INFORMATION PROVIDED –
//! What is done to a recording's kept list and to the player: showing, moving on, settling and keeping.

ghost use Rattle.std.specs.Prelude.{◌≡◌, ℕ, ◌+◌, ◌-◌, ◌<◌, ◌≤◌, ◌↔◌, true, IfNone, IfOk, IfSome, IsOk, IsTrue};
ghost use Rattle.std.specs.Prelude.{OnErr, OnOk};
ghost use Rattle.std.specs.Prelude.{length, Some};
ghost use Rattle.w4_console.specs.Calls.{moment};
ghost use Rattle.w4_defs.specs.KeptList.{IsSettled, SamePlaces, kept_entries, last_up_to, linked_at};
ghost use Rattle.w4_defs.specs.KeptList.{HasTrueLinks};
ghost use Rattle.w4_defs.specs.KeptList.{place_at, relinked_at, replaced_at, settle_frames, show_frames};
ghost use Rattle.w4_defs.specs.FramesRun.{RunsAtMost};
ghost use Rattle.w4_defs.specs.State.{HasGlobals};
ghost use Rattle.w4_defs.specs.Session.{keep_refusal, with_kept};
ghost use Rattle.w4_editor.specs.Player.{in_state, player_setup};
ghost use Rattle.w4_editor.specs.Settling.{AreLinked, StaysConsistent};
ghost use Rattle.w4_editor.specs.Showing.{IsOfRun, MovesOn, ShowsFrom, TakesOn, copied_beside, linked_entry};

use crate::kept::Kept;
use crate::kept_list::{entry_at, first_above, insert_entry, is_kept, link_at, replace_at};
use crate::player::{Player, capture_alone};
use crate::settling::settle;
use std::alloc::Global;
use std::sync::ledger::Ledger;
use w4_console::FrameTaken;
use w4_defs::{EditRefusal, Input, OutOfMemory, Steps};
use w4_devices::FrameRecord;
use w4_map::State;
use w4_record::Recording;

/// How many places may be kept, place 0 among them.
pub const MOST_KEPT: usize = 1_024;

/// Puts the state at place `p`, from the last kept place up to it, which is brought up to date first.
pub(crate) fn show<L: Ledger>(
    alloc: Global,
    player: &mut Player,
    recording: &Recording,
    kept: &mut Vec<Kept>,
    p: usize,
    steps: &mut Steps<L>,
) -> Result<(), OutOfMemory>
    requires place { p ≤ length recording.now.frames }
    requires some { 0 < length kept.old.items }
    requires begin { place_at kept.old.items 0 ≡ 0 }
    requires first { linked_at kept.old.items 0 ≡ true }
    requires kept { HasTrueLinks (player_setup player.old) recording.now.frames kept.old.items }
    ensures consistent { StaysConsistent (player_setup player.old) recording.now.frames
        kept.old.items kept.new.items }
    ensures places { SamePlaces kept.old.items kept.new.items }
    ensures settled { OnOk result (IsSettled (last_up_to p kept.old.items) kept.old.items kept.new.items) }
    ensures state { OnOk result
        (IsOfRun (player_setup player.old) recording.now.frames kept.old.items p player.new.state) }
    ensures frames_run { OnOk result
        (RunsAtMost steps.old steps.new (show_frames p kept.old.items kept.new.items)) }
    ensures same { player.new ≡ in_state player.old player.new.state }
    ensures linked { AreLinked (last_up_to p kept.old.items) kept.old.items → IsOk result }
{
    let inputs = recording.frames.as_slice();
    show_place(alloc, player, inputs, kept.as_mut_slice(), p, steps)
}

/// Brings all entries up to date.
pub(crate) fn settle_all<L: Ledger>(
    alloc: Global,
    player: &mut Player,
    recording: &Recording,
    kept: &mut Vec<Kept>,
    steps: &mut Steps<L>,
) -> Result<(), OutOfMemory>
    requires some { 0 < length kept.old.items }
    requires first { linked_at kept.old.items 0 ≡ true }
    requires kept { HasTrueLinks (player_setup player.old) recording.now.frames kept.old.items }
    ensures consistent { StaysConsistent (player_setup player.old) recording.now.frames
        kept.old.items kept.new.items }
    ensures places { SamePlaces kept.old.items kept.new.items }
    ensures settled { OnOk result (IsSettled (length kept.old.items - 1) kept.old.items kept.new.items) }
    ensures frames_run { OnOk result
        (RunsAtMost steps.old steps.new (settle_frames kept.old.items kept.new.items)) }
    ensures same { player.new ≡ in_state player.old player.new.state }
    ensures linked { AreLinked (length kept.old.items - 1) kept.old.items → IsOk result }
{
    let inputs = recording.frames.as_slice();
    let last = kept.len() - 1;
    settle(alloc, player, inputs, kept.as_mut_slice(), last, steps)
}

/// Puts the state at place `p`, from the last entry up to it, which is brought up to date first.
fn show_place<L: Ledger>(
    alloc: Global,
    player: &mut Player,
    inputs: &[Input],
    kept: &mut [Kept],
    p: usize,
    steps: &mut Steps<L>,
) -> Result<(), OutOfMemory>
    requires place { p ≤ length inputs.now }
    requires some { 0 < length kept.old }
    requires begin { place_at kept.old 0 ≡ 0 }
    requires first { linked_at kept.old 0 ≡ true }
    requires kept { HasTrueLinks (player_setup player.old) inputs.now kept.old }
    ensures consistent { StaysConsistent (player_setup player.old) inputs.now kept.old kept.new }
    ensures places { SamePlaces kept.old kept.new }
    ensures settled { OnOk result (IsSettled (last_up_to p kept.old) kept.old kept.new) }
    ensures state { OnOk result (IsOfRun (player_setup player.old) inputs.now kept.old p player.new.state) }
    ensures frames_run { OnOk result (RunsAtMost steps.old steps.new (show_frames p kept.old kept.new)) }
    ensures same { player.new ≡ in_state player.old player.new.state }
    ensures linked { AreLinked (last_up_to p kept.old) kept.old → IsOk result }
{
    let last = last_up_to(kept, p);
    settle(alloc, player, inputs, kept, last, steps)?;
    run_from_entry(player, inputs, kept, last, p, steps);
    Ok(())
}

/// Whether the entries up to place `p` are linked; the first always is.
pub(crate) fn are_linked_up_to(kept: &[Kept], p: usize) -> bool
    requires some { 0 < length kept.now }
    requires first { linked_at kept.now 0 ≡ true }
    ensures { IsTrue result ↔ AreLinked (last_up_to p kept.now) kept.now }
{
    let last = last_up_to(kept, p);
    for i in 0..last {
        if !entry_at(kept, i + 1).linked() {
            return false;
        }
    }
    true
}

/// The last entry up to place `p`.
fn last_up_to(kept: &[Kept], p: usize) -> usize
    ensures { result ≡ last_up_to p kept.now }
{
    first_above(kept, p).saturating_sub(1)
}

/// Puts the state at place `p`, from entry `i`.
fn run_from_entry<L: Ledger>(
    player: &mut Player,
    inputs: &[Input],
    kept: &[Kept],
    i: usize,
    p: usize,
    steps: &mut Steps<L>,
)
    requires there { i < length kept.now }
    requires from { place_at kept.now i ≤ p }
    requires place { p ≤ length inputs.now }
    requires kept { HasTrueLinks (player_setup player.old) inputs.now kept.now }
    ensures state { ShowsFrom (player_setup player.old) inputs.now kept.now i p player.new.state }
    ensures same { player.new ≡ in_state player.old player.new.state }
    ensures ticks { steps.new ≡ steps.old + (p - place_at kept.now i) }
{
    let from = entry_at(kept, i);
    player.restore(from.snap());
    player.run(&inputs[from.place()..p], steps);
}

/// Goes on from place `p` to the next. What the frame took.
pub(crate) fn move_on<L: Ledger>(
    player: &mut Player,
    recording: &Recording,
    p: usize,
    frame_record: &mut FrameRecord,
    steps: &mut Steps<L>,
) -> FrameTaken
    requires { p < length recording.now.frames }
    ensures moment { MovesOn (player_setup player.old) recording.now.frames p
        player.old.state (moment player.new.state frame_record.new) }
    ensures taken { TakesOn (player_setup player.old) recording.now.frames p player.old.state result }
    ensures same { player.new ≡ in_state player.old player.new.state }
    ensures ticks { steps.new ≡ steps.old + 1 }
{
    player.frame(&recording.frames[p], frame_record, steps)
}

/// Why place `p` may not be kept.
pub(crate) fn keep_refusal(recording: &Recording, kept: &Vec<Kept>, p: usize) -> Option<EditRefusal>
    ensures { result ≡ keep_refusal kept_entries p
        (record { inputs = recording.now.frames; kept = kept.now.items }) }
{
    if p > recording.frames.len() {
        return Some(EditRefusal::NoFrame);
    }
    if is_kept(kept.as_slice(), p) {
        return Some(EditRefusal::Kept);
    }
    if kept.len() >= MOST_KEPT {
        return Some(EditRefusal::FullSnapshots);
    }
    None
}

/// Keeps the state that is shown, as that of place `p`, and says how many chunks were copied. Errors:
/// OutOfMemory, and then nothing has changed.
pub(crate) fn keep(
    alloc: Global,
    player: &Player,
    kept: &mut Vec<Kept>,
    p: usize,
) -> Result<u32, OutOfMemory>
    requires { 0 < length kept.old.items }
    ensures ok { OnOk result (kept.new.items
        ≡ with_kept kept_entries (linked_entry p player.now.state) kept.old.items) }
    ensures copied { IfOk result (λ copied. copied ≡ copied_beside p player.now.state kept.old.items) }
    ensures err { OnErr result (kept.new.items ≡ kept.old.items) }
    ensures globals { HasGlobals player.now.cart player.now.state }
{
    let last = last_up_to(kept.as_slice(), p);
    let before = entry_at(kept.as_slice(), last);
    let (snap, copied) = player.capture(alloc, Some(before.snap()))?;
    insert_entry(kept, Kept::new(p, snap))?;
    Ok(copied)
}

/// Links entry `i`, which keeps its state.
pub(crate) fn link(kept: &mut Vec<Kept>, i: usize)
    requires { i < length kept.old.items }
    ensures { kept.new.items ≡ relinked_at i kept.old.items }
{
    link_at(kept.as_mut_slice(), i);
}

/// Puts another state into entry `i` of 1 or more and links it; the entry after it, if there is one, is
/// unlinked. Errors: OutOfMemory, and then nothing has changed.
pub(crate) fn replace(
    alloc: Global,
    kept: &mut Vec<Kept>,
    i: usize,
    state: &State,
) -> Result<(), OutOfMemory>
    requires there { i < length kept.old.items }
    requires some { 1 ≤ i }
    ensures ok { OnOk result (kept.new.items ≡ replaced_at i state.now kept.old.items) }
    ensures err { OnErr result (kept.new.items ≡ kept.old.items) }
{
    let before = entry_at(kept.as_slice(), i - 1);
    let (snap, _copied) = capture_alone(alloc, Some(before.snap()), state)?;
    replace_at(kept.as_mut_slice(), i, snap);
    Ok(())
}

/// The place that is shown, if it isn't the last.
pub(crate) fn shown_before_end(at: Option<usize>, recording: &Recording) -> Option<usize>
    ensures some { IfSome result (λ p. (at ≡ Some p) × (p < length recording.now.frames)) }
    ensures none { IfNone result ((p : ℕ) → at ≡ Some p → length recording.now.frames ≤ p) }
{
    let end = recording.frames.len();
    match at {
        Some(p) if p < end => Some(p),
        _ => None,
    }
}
==
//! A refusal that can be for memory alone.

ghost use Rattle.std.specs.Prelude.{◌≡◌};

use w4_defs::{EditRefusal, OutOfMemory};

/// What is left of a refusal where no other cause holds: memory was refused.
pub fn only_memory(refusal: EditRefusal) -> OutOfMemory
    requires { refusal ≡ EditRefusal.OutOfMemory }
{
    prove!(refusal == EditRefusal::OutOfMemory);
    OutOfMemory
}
--
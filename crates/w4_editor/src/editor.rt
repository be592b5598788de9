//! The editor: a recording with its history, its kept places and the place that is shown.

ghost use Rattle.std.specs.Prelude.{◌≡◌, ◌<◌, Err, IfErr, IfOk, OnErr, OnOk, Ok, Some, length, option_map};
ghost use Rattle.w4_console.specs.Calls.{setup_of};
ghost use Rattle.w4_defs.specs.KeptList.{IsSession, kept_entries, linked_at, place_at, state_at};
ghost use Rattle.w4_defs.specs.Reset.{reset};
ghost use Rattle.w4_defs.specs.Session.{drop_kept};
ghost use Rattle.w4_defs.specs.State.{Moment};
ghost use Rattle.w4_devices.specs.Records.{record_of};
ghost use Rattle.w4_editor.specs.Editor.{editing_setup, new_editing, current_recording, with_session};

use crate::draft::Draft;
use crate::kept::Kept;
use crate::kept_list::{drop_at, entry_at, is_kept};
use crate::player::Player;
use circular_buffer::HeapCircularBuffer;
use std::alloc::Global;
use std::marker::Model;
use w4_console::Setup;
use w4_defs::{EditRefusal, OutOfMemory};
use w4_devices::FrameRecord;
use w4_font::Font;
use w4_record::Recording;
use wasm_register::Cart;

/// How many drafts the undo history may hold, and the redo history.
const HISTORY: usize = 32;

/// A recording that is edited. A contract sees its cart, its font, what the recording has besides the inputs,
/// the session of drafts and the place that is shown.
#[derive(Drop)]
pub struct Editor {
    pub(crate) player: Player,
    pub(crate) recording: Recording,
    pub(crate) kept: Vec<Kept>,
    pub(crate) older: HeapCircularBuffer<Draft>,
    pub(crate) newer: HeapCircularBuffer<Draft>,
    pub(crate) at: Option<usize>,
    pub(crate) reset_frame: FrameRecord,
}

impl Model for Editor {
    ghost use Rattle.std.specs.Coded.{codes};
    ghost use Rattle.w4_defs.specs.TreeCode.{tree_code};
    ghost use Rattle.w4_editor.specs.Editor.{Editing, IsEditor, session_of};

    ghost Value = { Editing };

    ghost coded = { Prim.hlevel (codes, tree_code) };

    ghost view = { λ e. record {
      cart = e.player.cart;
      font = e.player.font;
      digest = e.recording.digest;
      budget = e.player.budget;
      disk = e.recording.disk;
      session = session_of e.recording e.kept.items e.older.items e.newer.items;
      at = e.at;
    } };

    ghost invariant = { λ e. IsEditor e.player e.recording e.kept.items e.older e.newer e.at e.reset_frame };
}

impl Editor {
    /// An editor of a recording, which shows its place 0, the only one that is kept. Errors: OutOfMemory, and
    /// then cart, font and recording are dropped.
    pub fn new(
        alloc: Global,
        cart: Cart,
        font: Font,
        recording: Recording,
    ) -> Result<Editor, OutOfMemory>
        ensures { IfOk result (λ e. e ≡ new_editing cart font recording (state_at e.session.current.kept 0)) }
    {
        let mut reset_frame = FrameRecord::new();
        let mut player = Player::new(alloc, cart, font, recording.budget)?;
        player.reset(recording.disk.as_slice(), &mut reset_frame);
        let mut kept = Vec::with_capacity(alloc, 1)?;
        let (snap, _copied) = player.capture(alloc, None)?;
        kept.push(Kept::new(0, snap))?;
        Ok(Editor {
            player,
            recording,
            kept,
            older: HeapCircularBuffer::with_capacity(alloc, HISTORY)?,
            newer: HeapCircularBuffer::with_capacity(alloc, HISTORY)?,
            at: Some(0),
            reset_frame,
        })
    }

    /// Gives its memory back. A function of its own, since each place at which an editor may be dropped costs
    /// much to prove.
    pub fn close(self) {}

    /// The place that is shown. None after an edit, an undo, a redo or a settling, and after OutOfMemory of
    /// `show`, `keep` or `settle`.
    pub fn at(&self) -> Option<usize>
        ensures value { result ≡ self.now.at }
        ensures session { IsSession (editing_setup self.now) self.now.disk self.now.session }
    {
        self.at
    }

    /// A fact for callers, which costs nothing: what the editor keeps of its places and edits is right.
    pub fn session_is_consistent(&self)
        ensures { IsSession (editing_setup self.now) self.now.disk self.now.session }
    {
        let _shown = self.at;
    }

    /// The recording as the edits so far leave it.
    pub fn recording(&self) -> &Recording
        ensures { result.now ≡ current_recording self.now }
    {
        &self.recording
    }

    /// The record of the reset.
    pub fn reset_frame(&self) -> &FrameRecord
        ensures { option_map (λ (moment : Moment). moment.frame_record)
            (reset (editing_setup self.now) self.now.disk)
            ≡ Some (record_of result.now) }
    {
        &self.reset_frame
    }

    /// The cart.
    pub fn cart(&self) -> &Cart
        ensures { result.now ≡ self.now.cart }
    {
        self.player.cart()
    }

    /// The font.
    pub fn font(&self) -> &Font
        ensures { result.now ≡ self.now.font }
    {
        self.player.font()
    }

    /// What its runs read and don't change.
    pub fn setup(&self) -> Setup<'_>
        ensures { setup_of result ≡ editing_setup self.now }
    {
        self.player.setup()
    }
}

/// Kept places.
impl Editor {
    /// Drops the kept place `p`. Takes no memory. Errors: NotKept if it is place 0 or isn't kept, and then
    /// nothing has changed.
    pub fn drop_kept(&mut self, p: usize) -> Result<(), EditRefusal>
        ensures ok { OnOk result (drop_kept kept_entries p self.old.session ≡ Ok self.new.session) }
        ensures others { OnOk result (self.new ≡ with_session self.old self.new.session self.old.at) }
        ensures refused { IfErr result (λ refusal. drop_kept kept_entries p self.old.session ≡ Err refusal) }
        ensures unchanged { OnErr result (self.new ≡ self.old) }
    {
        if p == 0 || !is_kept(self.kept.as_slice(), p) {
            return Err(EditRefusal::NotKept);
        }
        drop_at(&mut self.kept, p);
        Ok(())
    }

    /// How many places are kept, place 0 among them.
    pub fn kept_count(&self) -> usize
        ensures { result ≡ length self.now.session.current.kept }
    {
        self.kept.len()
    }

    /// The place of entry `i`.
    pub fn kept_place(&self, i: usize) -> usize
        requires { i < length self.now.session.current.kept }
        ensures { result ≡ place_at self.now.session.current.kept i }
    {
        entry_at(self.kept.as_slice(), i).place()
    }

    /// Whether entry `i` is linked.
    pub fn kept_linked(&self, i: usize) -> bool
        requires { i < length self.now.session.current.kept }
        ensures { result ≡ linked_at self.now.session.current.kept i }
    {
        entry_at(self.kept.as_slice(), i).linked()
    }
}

WHAT THE EXERCISE ASKS – Please show, exactly as written, every line above that contains the word "const".

RESULT OF THE EXERCISE –
pub const MOST_KEPT: usize = 1_024;
const HISTORY: usize = 32;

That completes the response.